When someone says the word investment a lot of things come to our mind. Most people think about the money involved along with risks. Some even see this as gambling whereas some think it takes a lot of money. There are many myths and misconceptions surrounding the market. These misconceptions can be due to the lack of experience and knowledge. Like everything else, gathering experience and knowledge takes time. Let's go through the common misconceptions among people.
1. Investing is really risky and is similar to gambling: I have heard this a lot and it is definitely not true. Gambling is not knowing what you bet on if you know the odds, it's not gambling. In the investment and trading field, you will need a lot of time and practice to gain the experience to predict the market. Analyzing the fundamentals data along with technical analysis will help you judge the movement of the stock market to some extent.
2. Only the rich invests: No, it is not for rich people it is for everyone. You can start with a very little amount of money. The investment guru Warren Buffett started his investment career with a stock that cost $38 per share at the age of 11. Now he is one of the richest people in the world. You can also try investing in mutual funds instead of stocks and shares you can start it without any dealing costs.
3. Investing is very difficult: Investing is not at all difficult once you learn to trade and get educated about it. It is time taking but not difficult. Try getting help from a professional or read books about investments there are a ton of free books available on the internet.
4. Investing is not for young people: This is definitely the worst misconception anyone can think of. Like I said previously, Warren Buffett started at the age of 11 and is one of the richest and successful investors of all time. On the other hand, investing from a young age will give you the edge over other investors. Your capital will increase at a compound rate and the longer you trade the more capital you will have.
5. United States Government Bonds Are Risk-Free: All investments do have a risk factor no matter how much safe they sound. Saving money in banks are also a type of investment but a lot safer may be the safest, but hey have you never heard of banks going bankrupt? In the case of government bonds, the prices might fall with an increase in interest rates. Now with the low rates, the government bonds might be at risk.
6. Properties are best investments and cannot lose value: Real Estates are good investments but it does lose value. The price depends on the demand and supply of the market. If you calculate Home loan interest, Property tax, Maintenance Cost etc it might prove to be more of a liability than an asset. You can check out the book of Robert Kiyosaki "Rich dad and Poor dad" which will give you a better insight into this concept.
7. Higher risks will lead to higher returns: It is not always true. Investing in a riskier asset or stock will give you a potentially better return. Small-Cap and Mid-Cap Stocks tend to generate more profit than a Large-Cap stock. A top performing large-cap diversified fund might perform better than small-cap funds.

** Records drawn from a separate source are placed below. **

//! Values put in a map.
ghost use Rattle.std.specs.Prelude.{◌≡◌, ◌⊎◌, Some, Ok, Err, IfOk, IfErr, OnOk, OnErr, IsSome};
ghost use Rattle.std.specs.FinMap as finite;
ghost use Rattle.group_history.specs.Map.{Entries};
ghost use Rattle.group_history.specs.declared.mutators.Stop.TheVariants.{NoMemory};
ghost use Rattle.group_history.specs.declared.mutators.Update.{Update as Updates};
ghost use Rattle.map_chunks.specs.Places.{Grows, AreAll};
ghost use Rattle.map_nodes.specs.Changes.{CanMake, Makes};
ghost use Rattle.map_tree.specs.Puts.{IsPut, IsUpdate, settled};
ghost use Rattle.map_tree.specs.Trees.{tree_places, tree_map};

use super::{Root, Tree};
use group_history::{Json, Ran, Stop, Update};
use map_chunks::Chunks;
use map_nodes::{OwnRoot, Updated, ValueChange};
use std::alloc::Global;

// A change that asks nothing.
type Constant = ValueChange<fn(Option<Json>) -> Result<Update, Stop>>;

impl Tree {
    /// Puts a value at a key. New are only the chunks on the way to it and those that a split adds, and none where the
    /// value is there already. A chunk that gets a 17th entry is split into the first 8 and the last 9. Where it stops,
    /// the map is as it was.
    pub fn put<C: Chunks>(
        &mut self,
        alloc: Global,
        chunks: &mut C,
        key: &str,
        value: &Json,
    ) -> Result<(), Stop>
        requires places { AreAll (C.places chunks.old) (tree_places self.old) }
        requires map { IsSome (tree_map (C.contents chunks.old) self.old) }
        ensures grown { Grows C.contents C.places chunks.old chunks.new }
        ensures put { (m : Entries) → tree_map (C.contents chunks.old) self.old ≡ Some m
            → OnOk result (IsPut (C.contents chunks.old) (C.contents chunks.new) (C.places chunks.new) self.old self.new
            m key.now value.now) }
        ensures err { OnErr result (self.new ≡ self.old) }
        ensures stopped { IfErr result (λ s. (s ≡ NoMemory) ⊎ C.stops s) }
    {
        let change: Constant = ValueChange::Value(value.clone()?);
        self.change(alloc, chunks, key, change)?;
        Ok(())
    }

    /// Lets the change see the value at a key (none where the key isn't there), and puts what it makes of it: a look
    /// and a put on one way down. Where it stops or refuses, the map is as it was.
    pub fn update<C: Chunks, F: FnOnce(Option<Json>) -> Result<Update, Stop>>(
        &mut self,
        alloc: Global,
        chunks: &mut C,
        key: &str,
        change: F,
    ) -> Result<Ran, Stop>
        requires places { AreAll (C.places chunks.old) (tree_places self.old) }
        requires map { IsSome (tree_map (C.contents chunks.old) self.old) }
        requires callable { F.IsAlwaysCallable change }
        ensures grown { Grows C.contents C.places chunks.old chunks.new }
        ensures updated { (m : Entries) → tree_map (C.contents chunks.old) self.old ≡ Some m → IfOk result (λ ran.
            (u : Updates) × F.post change (finite.get m key.now) (Ok u) × IsUpdate (C.contents chunks.old)
            (C.contents chunks.new) (C.places chunks.new) self.old self.new m key.now u ran) }
        ensures err { OnErr result (self.new ≡ self.old) }
        ensures stopped { (m : Entries) → tree_map (C.contents chunks.old) self.old ≡ Some m → IfErr result (λ e.
            (e ≡ NoMemory) ⊎ C.stops e ⊎ F.post change (finite.get m key.now) (Err e)) }
    {
        self.change(alloc, chunks, key, ValueChange::Ask(change))
    }

    // Puts what a change makes of the value at a key.
    fn change<C: Chunks, F: FnOnce(Option<Json>) -> Result<Update, Stop>>(
        &mut self,
        alloc: Global,
        chunks: &mut C,
        key: &str,
        change: ValueChange<F>,
    ) -> Result<Ran, Stop>
        requires places { AreAll (C.places chunks.old) (tree_places self.old) }
        requires map { IsSome (tree_map (C.contents chunks.old) self.old) }
        requires callable { CanMake (λ f. F.IsAlwaysCallable f) change }
        ensures grown { Grows C.contents C.places chunks.old chunks.new }
        ensures updated { (m : Entries) → tree_map (C.contents chunks.old) self.old ≡ Some m → IfOk result (λ ran.
            (u : Updates) × Makes (λ f x r. F.post f x r) change (finite.get m key.now) (Ok u) × IsUpdate
            (C.contents chunks.old) (C.contents chunks.new) (C.places chunks.new) self.old self.new m key.now u ran) }
        ensures err { OnErr result (self.new ≡ self.old) }
        ensures stopped { (m : Entries) → tree_map (C.contents chunks.old) self.old ≡ Some m → IfErr result (λ e.
            (e ≡ NoMemory) ⊎ C.stops e ⊎ Makes (λ f x r. F.post f x r) change (finite.get m key.now) (Err e)) }
    {
        match &mut self.root {
            Root::Own(node) => node.write(alloc, chunks, key, change),
            Root::Placed(at) => {
                let at = *at;
                let updated = OwnRoot::updated(alloc, chunks, at, key, change)?;
                Ok(self.settle(updated))
            }
        }
    }

    // The map is what an update made of its placed root.
    fn settle(&mut self, updated: Updated) -> Ran
        ensures ran { result ≡ updated.ran }
        ensures tree { self.new ≡ settled updated.root self.old }
    {
        let Updated { ran, root } = updated;
        if let Some(root) = root {
            self.root = Root::Own(root);
        }
        ran
    }
}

8. Buy and Hold: Buy and hold is one of the best strategies but it does not mean it will work always. There is always a right time to get in and get out of a stock. Just holding a stock will not help you get the most out of it. The market always depends on the market realities.

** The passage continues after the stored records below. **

impl OwnRoot {
    fn new(node: OwnNode) -> OwnRoot
        ensures { result ≡ node }
    {
        OwnRoot {
            form: Form::Node(node),
        }
    }

    fn of_trail(trail: Trail) -> OwnRoot
        ensures { result ≡ trail }
    {
        OwnRoot {
            form: Form::Trail(trail),
        }
    }

    /// An empty leaf.
    pub fn empty(alloc: Global) -> OwnRoot
        ensures depth { result.depth ≡ 1 }
        ensures pieces { result.pieces ≡ [] }
        ensures marks { result.marks ≡ own 0 (leaf_keys []) ∷ [] }
    {
        OwnRoot::new(OwnNode::empty(alloc))
    }

    /// A copy of the placed chunk, which is so deep. Stops for want of memory, or as the store does.
    pub fn copied<C: Chunks>(
        alloc: Global,
        chunks: &mut C,
        at: Ref,
        depth: u64,
    ) -> Result<OwnRoot, Stop>
        requires place { C.places chunks.old at }
        requires known { IsSome (rows_at (C.contents chunks.old) depth (stamp_of at)) }
        ensures grown { Grows C.contents C.places chunks.old chunks.new }
        ensures depth { IfOk result (λ n. n.depth ≡ depth) }
        ensures rows { IfOk result (λ n. shown (C.contents chunks.new) n.pieces
            ≡ rows_at (C.contents chunks.old) depth (stamp_of at)) }
        ensures levels { IfOk result (λ n. CopiedLater (C.contents chunks.new)
            (λ p. placed_levels p depth (stamp_of at)) (seen_levels n)) }
        ensures places { IfOk result (λ n. AreKept (C.places chunks.new) [] (places_of n.pieces)) }
        ensures wide { IsWideAt (C.contents chunks.new) (stamp_of at) → IfOk result IsWideChunk }
        ensures stopped { IfErr result (λ s. (s ≡ NoMemory) ⊎ C.stops s) }
    {
        let node = OwnNode::copied(alloc, chunks, at, depth, 0)?;
        Ok(OwnRoot::new(node))
    }

    /// The map whose root is a placed chunk, with what a change makes of the value at a key (none where the key isn't
    /// there) put there: one way down. Stops for want of memory, or as the store or the change does.
    pub fn updated<C: Chunks, F: FnOnce(Option<Json>) -> Result<Update, Stop>>(
        alloc: Global,
        chunks: &mut C,
        at: Ref,
        key: &str,
        change: ValueChange<F>,
    ) -> Result<Updated, Stop>
        requires place { C.places chunks.old at }
        requires tree { IsTree (chunk_rows (C.contents chunks.old) (stamp_of at)) }
        requires callable { CanMake (λ f. F.IsAlwaysCallable f) change }
        ensures grown { Grows C.contents C.places chunks.old chunks.new }
        ensures updated { IfOk result (λ r. (u : Updates) × Makes (λ f x r. F.post f x r) change (finite.find
            (slice_cmp nat_cmp) key.now (rows_or (chunk_rows (C.contents chunks.old) (stamp_of at)))) (Ok u)
            × IsUpdated (C.contents chunks.old) (C.contents chunks.new) (C.places chunks.new) (stamp_of at) key.now u
            r) }
        ensures stopped { IfErr result (λ e. (e ≡ NoMemory) ⊎ C.stops e ⊎ Makes (λ f x r. F.post f x r) change
            (finite.find (slice_cmp nat_cmp) key.now (rows_or (chunk_rows (C.contents chunks.old) (stamp_of at))))
            (Err e)) }
    {
        prove!(at.stamp() < STAMPS);
        let searched = SearchKey::new(key);
        let down = Down {
            alloc,
            key,
            searched: &searched,
            copies: 1,
            as_trail: true,
        };
        let mut laying = Laying::new(alloc);
        let mut asked = Some(change);
        change_at(chunks, at, &down, down.copies, &mut laying, &mut asked)?;
        Ok(OwnRoot::settled(chunks, at, &down, laying)?)
    }

    // What a way down from a placed chunk to a key ended in, as a map.
    #[inline(always)]
    fn settled<C: Chunks>(
        chunks: &C,
        at: Ref,
        down: &Down<'_>,
        laying: Laying,
    ) -> Result<Updated, AllocError>
        requires tree { IsTree (chunk_rows (C.contents chunks.now) (stamp_of at)) }
        requires reached { (u : Updates) × IsChunkEnd (C.contents chunks.now) (C.places chunks.now) 1 true
            (stamp_of at) (chunk_depth (C.contents chunks.now) (stamp_of at))
            (rows_or (chunk_rows (C.contents chunks.now) (stamp_of at))) down.now.key.now u laying.reached laying }
        ensures { (u : Updates) → IsChunkEnd (C.contents chunks.now) (C.places chunks.now) 1 true (stamp_of at)
            (chunk_depth (C.contents chunks.now) (stamp_of at))
            (rows_or (chunk_rows (C.contents chunks.now) (stamp_of at))) down.now.key.now u laying.reached laying
            → IfOk result (IsUpdated (C.contents chunks.now) (C.contents chunks.now) (C.places chunks.now) (stamp_of at)
            down.now.key.now u) }
    {
        let Laying {
            steps,
            end,
            reached,
        } = laying;
        match reached {
            Reached::Same => Ok(Updated::kept(Ran::Done)),
            Reached::Refused(code) => Ok(Updated::kept(Ran::Refused(code))),
            Reached::Laid => Ok(Updated::made(OwnRoot::of_trail(Trail::of(steps, end)))),
            Reached::Grown(node, upper) => {
                prove!(at.stamp() < STAMPS);
                let root = topped(down.alloc, node, upper.into_half())?;
                Ok(Updated::made(OwnRoot::new(root)))
            }
        }
    }

    /// How deep the chunk is.
    pub fn depth(&self) -> u64
        ensures { result ≡ self.now.depth }
    {
        match &self.form {
            Form::Node(node) => node.depth(),
            Form::Trail(trail) => trail.depth(),
        }
    }

    /// How many own chunks there are, from this one down. No machine has so many that the count stops at
    /// the largest number.
    pub fn new_chunks(&self) -> u64
        ensures { result ≡ min (fresh self.now) (2 ^ 64 - 1) }
    {
        match &self.form {
            Form::Node(node) => node.new_chunks(),
            Form::Trail(trail) => trail.new_chunks(),
        }
    }

    /// Whether the chunk has no rows: then it is a leaf.
    pub fn is_empty(&self) -> bool
        ensures { (contents : Contents) (rows : Rows) → shown contents self.now.pieces ≡ Some rows
            → result ≡ (length rows == 0) }
    {
        match &self.form {
            Form::Node(node) => node.is_empty(),
            Form::Trail(trail) => trail.is_empty(),
        }
    }

    /// Puts what a change makes of the value at a key in the map whose root the chunk is. Where it is there already,
    /// and where the change refuses, the chunk is as it was. Stops for want of memory, or as the store or the change
    /// does, and the chunk is as it was then.
    pub fn write<C: Chunks, F: FnOnce(Option<Json>) -> Result<Update, Stop>>(
        &mut self,
        alloc: Global,
        chunks: &mut C,
        key: &str,
        change: ValueChange<F>,
    ) -> Result<Ran, Stop>
        requires places { AreAll (C.places chunks.old) (places_of self.old.pieces) }
        requires tree { IsTree (shown (C.contents chunks.old) self.old.pieces) }
        requires callable { CanMake (λ f. F.IsAlwaysCallable f) change }
        ensures grown { Grows C.contents C.places chunks.old chunks.new }
        ensures put { IfOk result (λ ran. (u : Updates) × Makes (λ f x r. F.post f x r) change (finite.find
            (slice_cmp nat_cmp) key.now (rows_or (shown (C.contents chunks.old) self.old.pieces))) (Ok u)
            × IsPutOr (C.contents chunks.old) (C.contents chunks.new) (C.places chunks.new) key.now self.old self.new u
            ran) }
        ensures err { OnErr result (self.new ≡ self.old) }
        ensures stopped { IfErr result (λ s. (s ≡ NoMemory) ⊎ C.stops s ⊎ Makes (λ f x r. F.post f x r) change
            (finite.find (slice_cmp nat_cmp) key.now (rows_or (shown (C.contents chunks.old) self.old.pieces)))
            (Err s)) }
    {
        match &mut self.form {
            Form::Node(node) => node.write(alloc, chunks, key, change),
            Form::Trail(trail) => {
                let (node, ran) = written_over(trail, alloc, chunks, key, change)?;
                self.form = Form::Node(node);
                Ok(ran)
            }
        }
    }

    /// Removes a key, if it is there, from the map whose root the chunk is. Answers a placed chunk where
    /// that is the root from now on. Stops for want of memory, or as the store does, and the chunk is as it
    /// was then.
    pub fn remove_root<C: Chunks>(
        &mut self,
        alloc: Global,
        chunks: &mut C,
        key: &str,
    ) -> Result<Option<Ref>, Stop>
        requires places { AreAll (C.places chunks.old) (places_of self.old.pieces) }
        requires tree { IsTree (shown (C.contents chunks.old) self.old.pieces) }
        ensures grown { Grows C.contents C.places chunks.old chunks.new }
        ensures done { IfOk result (λ root. root_rows (C.contents chunks.new) self.new root
            ≡ Some (without_key key.now (rows_or (shown (C.contents chunks.old) self.old.pieces)))) }
        ensures places { IfOk result (λ root. AreKept (C.places chunks.new) (places_of self.old.pieces)
            (root_left self.new root)) }
        ensures levels { IfOk result (IsRootRemoved (C.contents chunks.new) self.old.depth (seen_levels self.old)
            self.new) }
        ensures wide { IsWideChunk self.old → IfOk result (IsWideRoot (C.contents chunks.new) self.new) }
        ensures err { OnErr result (self.new ≡ self.old) }
        ensures stopped { IfErr result (λ s. (s ≡ NoMemory) ⊎ C.stops s) }
    {
        match &mut self.form {
            Form::Node(node) => node.remove_root(alloc, chunks, key),
            Form::Trail(trail) => {
                let mut node = trail.thawed(alloc)?;
                let end = node.remove_root(alloc, chunks, key)?;
                self.form = Form::Node(node);
                Ok(end)
            }
        }
    }

    // Appends the chunk to the draft, behind its own children, and answers its name. Placed children
    // keep their names. A refusal leaves what was appended so far.
    fn freeze(self, alloc: Global, draft: &mut Draft) -> Result<Ref, Refusal>
        requires below { AreBelow (draft.old.first + length draft.old.nodes) (places_of self.pieces) }
        ensures spelled { (contents : Contents) (rows : Rows) → length contents ≡ draft.old.first
            → shown (with_nodes contents draft.old.nodes) self.pieces ≡ Some rows
            → IfOk result (λ root. rows_at (with_nodes contents draft.new.nodes) self.depth
            (stamp_of root) ≡ Some rows) }
        ensures levels { (contents : Contents) → length contents ≡ draft.old.first
            → IfOk result (λ root. NamedLater draft.old.first (with_nodes contents draft.new.nodes) (seen_levels self)
            (λ p. placed_levels p self.depth (stamp_of root))) }
        ensures wide { (contents : Contents) → length contents ≡ draft.old.first → 1 < self.entries
            → IfOk result (λ root. IsWideAt (with_nodes contents draft.new.nodes) (stamp_of root)) }
        ensures named { OnOk result (AddsNamed draft.old.first
            (places_of self.pieces) draft.old.nodes draft.new.nodes) }
        ensures needed { IfOk result (λ at. AddsNeeded [] (at ∷ []) draft.old draft.new) }
        ensures drafted { IfOk result (λ at. (draft.old.first ≤ stamp_of at) × (slot_of at ≡ 0)) }
        ensures below { IfOk result (λ at. stamp_of at < draft.new.first + length draft.new.nodes) }
        ensures count { OnOk result (length draft.new.nodes ≡ length draft.old.nodes + fresh self) }
        ensures bound { OnErr result (length draft.new.nodes < length draft.old.nodes + fresh self) }
        ensures first { draft.new.first ≡ draft.old.first }
        ensures grown { IsPrefix draft.old.nodes draft.new.nodes }
        ensures why { IfErr result (λ e. (e ≡ refusal.NoMemory)
            ⊎ ((e ≡ refusal.Stamps) × (stamps ≤ draft.new.first + length draft.new.nodes))) }
        ensures late { IfErr result (λ e. e ≡ refusal.Stamps → IsLate draft.old.first) }
    {
        let OwnRoot { form } = self;
        match form {
            Form::Node(node) => node.freeze(alloc, draft),
            Form::Trail(trail) => trail.freeze(draft),
        }
    }
}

9. It’s on a Business channel so it cannot be wrong: People has a misconception that if a news is on a big news channel it has to be right. If it was so, everyone following these channels regularly would be rich. Moreover, they sell advertisements for their company.
10. Hold till capital is recovered: Many of us already did that and failed. Holding your stock that is dropping is riskier as you might end up losing all your capital. Stop loss is a very important thing to have when it comes to investing. According to W.D Gann, you should have a capital to trade 10 times after incurring a loss.
11. How much more can it fall: I personally have been a victim when it comes to this point. A stock fell around 40% and I bought it as I thought how much more it will fall in a day. It fell 10% more and I was already at a loss. It’s better to analyze the company’s fundamental than to analyze how much percentage the stock fell.
12. Large-Cap stocks are safe stocks: Not all large-cap stocks should be considered as good stocks. Just because a stock performed well in the past does not mean it will keep on giving good returns throughout the period of time. Always do check fundamental data and annual reports of the company before investing.
13. Investing is simple you just have to buy low and sell high: Well it is the basic concept of making money but it is not that easy. Timing the market is one of the most difficult things to do while investing. Getting in the stock $0.5 before or later can directly affect your profits when you plan on investing in volume.
Despite so many misconceptions those who plan to move forward with it at a young age generally has the upper hand over others. Always do in-depth research, both fundamental and technical, of a company before making any kind of investment. Greed and Fear are two main manipulators of the market. Keep that in mind and have a happy investing session.